In this repository, you can find the tools used to extend the original metadata from AndroZoo. Additionally, we included in this repository some extended results that we could not fit into the paper to provide some extra information about our results. Finally, we include a CSV file with the SHA256s (Android package kit -APK- identifiers) and their associated SDKs values of the distributed dataset used in the study.
The AndroZoo-Extender collects information from the AndroidManifest.XML file about the APK's SDKs and permissions. Meanwhile, the AndroZoo-Analyzer analyzes the APK to collect information (encoding, MIME type, magic type, and extension) from the files inside it.
To use these tools, you need to contact the AndroZoo team and request an AndroZoo API key. Additionally, you will have to download the AndroZoo metadata (latest.csv).
The setup of the environment to use our tools is relatively simple. Since our tools are developed using Python 3, you must have it installed. Additionally, one of our requirements (python-magic) depends on the libmagic library, which will have to be installed.

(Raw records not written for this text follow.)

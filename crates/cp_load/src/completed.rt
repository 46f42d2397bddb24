ghost use Rattle.std.specs.Prelude.{◌≡◌, None, Ok, IfOk, OnOk};
ghost use Rattle.std.specs.Option.{option_map};
ghost use Rattle.cp_link.specs.Kept.{fault_of};
ghost use Rattle.cp_load.specs.Types.{typed};
ghost use Rattle.cp_load.specs.Loading.{completion_fault, Completes};

use crate::assertions::add_assertions;
use crate::main_goal::main_refusal;
use crate::types::add_types;
use cp_code::Program;
use cp_module::{ModulePart, Refusal};
use std::alloc::{AllocError, Global};

/// Gives a program of files the clauses of its regular types and its assertions, and tells what is refused in them and for
/// want of `main/0`.
pub(crate) fn complete(
    alloc: Global,
    program: &mut Program,
    needs_main: bool,
    parts: &[ModulePart],
) -> Result<Option<Refusal>, AllocError>
    ensures refusal { IfOk result (λ refusal. option_map fault_of refusal ≡ completion_fault needs_main parts.now program.old) }
    ensures completes { result ≡ Ok None → Completes parts.now program.old program.new }
{
    let in_types = add_types(alloc, &mut program.types, parts)?;
    if in_types.is_some() {
        return Ok(in_types);
    }
    let in_assertions = add_assertions(alloc, program, parts)?;
    if in_assertions.is_some() {
        return Ok(in_assertions);
    }
    main_refusal(alloc, needs_main, parts)
}
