ghost use Rattle.std.specs.Prelude.{◌≡◌, ◌<◌, ◌^◌, true, false, None, IfSome, All, length, vec_len};
ghost use Rattle.cp_turn.specs.Passes.{IsOutside};
ghost use Rattle.cp_turn_hall.specs.Behind.{IsPassOf};
ghost use Rattle.cp_crew.specs.Staff.{IsOut, IsPortOut};
ghost use Rattle.cp_schedule.specs.Awake.{AllKnow, AllParked};
ghost use Rattle.cp_hall.specs.Hall.{objects_of};
ghost use Rattle.cp_crew.specs.Crew.{HasGoneOn, MayBegin, NoneStopped};

use crate::crew::{CallerList, Crew, Shells};
use crate::lend::work_round;
use crate::parked::{all_parked, any_stopped};
use crate::staff::{Seated, Staff, room};
use cp_call::{Caller, Machine};
use cp_hall::PlainHall;
use cp_io::{Gate, Sink};
use cp_out::Port;
use cp_round::Bells;
use cp_turn_hall::{HallPasses, TurnHall, turn_hall};
use cp_turn_port::{PortPasses, TurnPort, turn_port};
use std::alloc::{AllocError, Global};
use std::sync::Wait;
use std::thread::Threads;

/// Whether the crew has ended: memory stopped it, or all its workers stand parked.
pub(crate) fn has_ended<M: Machine, S: Sink, C: Caller>(crew: &Crew<M, S, C>) -> bool
    requires works { crew.now.memory ≡ false → NoneStopped crew.now.shells }
    requires known { IfSome crew.now.hall (λ h. AllKnow (length (objects_of h)) crew.now.shells) }
    requires missing { crew.now.hall ≡ None → crew.now.memory ≡ true }
    ensures parked { result ≡ true → crew.now.memory ≡ false → IfSome crew.now.hall (λ h. AllParked h crew.now.shells) }
    ensures goes_on { result ≡ false → crew.now.memory ≡ false }
{
    match &crew.hall {
        None => true,
        Some(hall) => crew.memory || all_parked(crew.shells.as_slice(), hall),
    }
}

/// One round: each object and the port go behind turnstiles, each worker takes its seats to a thread of its own, and when all
/// have ended the objects and the port come out again.
pub(crate) fn take_round<
    R: Threads + Wait + Sync,
    M: Machine + Send,
    S: Sink + Send,
    C: Caller + Send,
    G: Gate + Sync,
>(
    rt: &R,
    alloc: Global,
    shells: Shells<M>,
    hall: PlainHall,
    port: Port<S>,
    callers: CallerList<C>,
    gate: &G,
) -> Crew<M, S, C>
where
    M::Rule: Send,
    requires { MayBegin M.code M.Rule.asks M.Rule.objects shells hall port.entries callers }
    ensures { HasGoneOn M.code M.Rule.asks C.went shells result.shells hall result.hall port result.port callers result.callers result.memory }
{
    let count = shells.len();
    let Ok(bells) = Bells::new(alloc, count) else {
        return refused(shells, hall, port, callers);
    };
    let Ok(room) = room(alloc, count as usize) else {
        return refused(shells, hall, port, callers);
    };
    let places: Result<Vec<Seated<'_, R, G, M, S, C>>, AllocError> = Vec::with_capacity(
        alloc,
        count as usize,
    );
    let Ok(places) = places else {
        return refused(shells, hall, port, callers);
    };
    let (turn, port_passes) = match turn_port(alloc, port, count) {
        Ok(made) => made,
        Err(port) => return refused(shells, hall, port, callers),
    };
    let Ok((objects, hall_passes)) = turn_hall(hall, count) else {
        return lost(shells, turn.close(port_passes), callers);
    };
    let staff = Staff {
        shells: shells.into_vec(),
        hall_passes: hall_passes.into_vec(),
        port_passes: port_passes.into_vec(),
        callers: callers.into_vec(),
    };
    let staff = work_round(rt, gate, &objects, &turn, &bells, staff, places, room);
    close_round(objects, turn, staff)
}
/// What the crew is without a round, for which there is no memory.
fn refused<M: Machine, S: Sink, C: Caller>(
    shells: Shells<M>,
    hall: PlainHall,
    port: Port<S>,
    callers: CallerList<C>,
) -> Crew<M, S, C>
    requires { MayBegin M.code M.Rule.asks M.Rule.objects shells hall port.entries callers }
    ensures { HasGoneOn M.code M.Rule.asks C.went shells result.shells hall result.hall port result.port callers result.callers result.memory }
{
    hall.state_invariant();
    Crew {
        shells,
        hall: Some(hall),
        port,
        callers,
        memory: true,
    }
}

/// What the crew is where its objects are lost for want of memory.
fn lost<M: Machine, S: Sink, C: Caller>(
    shells: Shells<M>,
    port: Port<S>,
    callers: CallerList<C>,
) -> Crew<M, S, C>
    ensures shells { result.shells ≡ shells }
    ensures hall { result.hall ≡ None }
    ensures port { result.port ≡ port }
    ensures callers { result.callers ≡ callers }
    ensures memory { result.memory ≡ true }
{
    Crew {
        shells,
        hall: None,
        port,
        callers,
        memory: true,
    }
}

/// The objects, out from behind their turnstiles, unless memory is short.
fn close_hall(objects: TurnHall, passes: HallPasses) -> Option<PlainHall>
    requires of_hall { All (IsPassOf objects) passes }
    requires all { All (λ t. t.callers ≡ length passes) objects }
    ensures { IfSome result (λ hall. IsOut objects passes hall) }
{
    match objects.close(passes) {
        Ok(hall) => {
            hall.state_invariant();
            Some(hall)
        }
        Err(_) => None,
    }
}

/// The crew after a round, whose objects and port come out from behind their turnstiles.
fn close_round<M: Machine, S: Sink, C: Caller>(
    objects: TurnHall,
    turn: TurnPort<S>,
    staff: Staff<M, S, C>,
) -> Crew<M, S, C>
    requires few { (vec_len staff.shells < 2 ^ 32) × (vec_len staff.hall_passes < 2 ^ 32) × (vec_len staff.port_passes < 2 ^ 32) × (vec_len staff.callers < 2 ^ 32) }
    requires hall_passes { All (IsPassOf objects) staff.hall_passes.items × All (λ t. t.callers ≡ length staff.hall_passes.items) objects }
    requires port_passes { All (IsOutside turn) staff.port_passes.items × (length staff.port_passes.items ≡ turn.callers) }
    ensures shells { result.shells ≡ staff.shells.items }
    ensures callers { result.callers ≡ staff.callers.items }
    ensures hall { IfSome result.hall (λ hall. IsOut objects staff.hall_passes.items hall) }
    ensures port { IsPortOut turn staff.port_passes.items result.port }
    ensures missing { result.hall ≡ None → result.memory ≡ true }
    ensures works { result.memory ≡ false → NoneStopped result.shells }
{
    let Staff {
        shells,
        hall_passes,
        port_passes,
        callers,
    } = staff;
    let port = turn.close(PortPasses::from_vec(port_passes));
    let hall = close_hall(objects, HallPasses::from_vec(hall_passes));
    let memory = hall.is_none() || any_stopped(shells.as_slice());
    Crew {
        shells: Shells::from_vec(shells),
        hall,
        port,
        callers: CallerList::from_vec(callers),
        memory,
    }
}
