ghost use Rattle.std.specs.Prelude.{◌≡◌, IfOk, OnOk};
ghost use Rattle.std.specs.Option.{option_copied};
ghost use Rattle.cp_assertion.specs.RegularTypes.{first_irregular, given};
ghost use Rattle.cp_module.specs.Causes.{least};
ghost use Rattle.cp_load.specs.Types.{line_of, irregular, irregular_types, type_order, with_types};

use crate::type_order::type_order;
use cp_assemble::Places;
use cp_assertion::{TypeError, add_regtype};
use cp_code::{Clause, Clauses, TypeRow, Types};
use cp_link::name_of;
use cp_module::{Cause, ModulePart, Why, soonest};
use cp_term::Name;
use std::alloc::{AllocError, Global};

/// Gives the regular types of a file their clauses, and tells what counts of those that the rules do not admit.
pub(crate) fn add_file_types(
    alloc: Global,
    types: &mut Types,
    part: &ModulePart,
) -> Result<Option<Cause>, AllocError>
    ensures cause { IfOk result (λ cause. cause ≡ least (irregular_types types.old part.now (type_order part.now.clauses))) }
    ensures types { OnOk result (types.new ≡ with_types types.old part.now (type_order part.now.clauses)) }
{
    let module = name_of(alloc, part)?;
    let clauses = part.clauses().as_slice();
    let order = type_order(alloc, clauses)?;
    let places = Places::of(alloc, clauses)?;
    let mut cause: Option<Cause> = None;
    for pred in order.as_slice() {
        let own = places.all_of(alloc, &module, clauses, pred)?;
        let found = add_type(alloc, types, &pred.name, own)?;
        cause = soonest(cause, found);
    }
    Ok(cause)
}

/// Gives a regular type its clauses, and tells the first that the rules do not admit.
fn add_type(
    alloc: Global,
    types: &mut Types,
    name: &Name,
    own: Clauses,
) -> Result<Option<Cause>, AllocError>
    ensures cause { IfOk result (λ cause. cause ≡ least (irregular own (first_irregular types.old name.now own))) }
    ensures types { OnOk result (types.new ≡ given types.old name.now own) }
{
    match add_regtype(alloc, types, name, &own) {
        Ok(()) => Ok(None),
        Err(TypeError::NotRegular { clause }) => {
            let line = line_of(own.get(clause));
            give(types, name, own);
            Ok(Some(Cause {
                line,
                why: Why::NotRegular,
            }))
        }
        Err(TypeError::NoMemory) => Err(AllocError),
    }
}

fn line_of(clause: Option<&Clause>) -> u32
    ensures { result ≡ line_of (option_copied clause.entry) }
{
    match clause {
        Some(clause) => clause.line,
        None => 1,
    }
}

/// Gives the first row of this name these clauses.
fn give(types: &mut Types, name: &Name, clauses: Clauses)
    ensures { types.new ≡ given types.old name.now clauses }
{
    let none = Types::new(types.alloc());
    let mut rows = std::mem::replace(types, none).into_vec();
    give_row(rows.as_mut_slice(), name.bytes(), clauses);
    *types = Types::from_vec(rows);
}

fn give_row(rows: &mut [TypeRow], name: &[u8], clauses: Clauses)
    ensures { rows.new ≡ given rows.old name.now clauses }
{
    for at in 0..rows.len() {
        if rows[at].name.bytes() == name {
            let row = &mut rows[at];
            row.clauses = clauses;
            return;
        }
    }
}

Finally, from inside the Tools directory, you can install the requirements using
pip install -r requirements.txt
and the environment will be ready to use the tools.
You should start by running the AndroZoo-Extender as the AndroZoo-Analyzer depends on its output. To learn how to run the tools, from inside the Tools directory, run either
python AndroZoo-Extender -h
or
python AndroZoo-Analyzer -h
- Magic types count distribution evolution (each plot represents the magic type count distribution of an SDK for those magic types whose median value is above 0).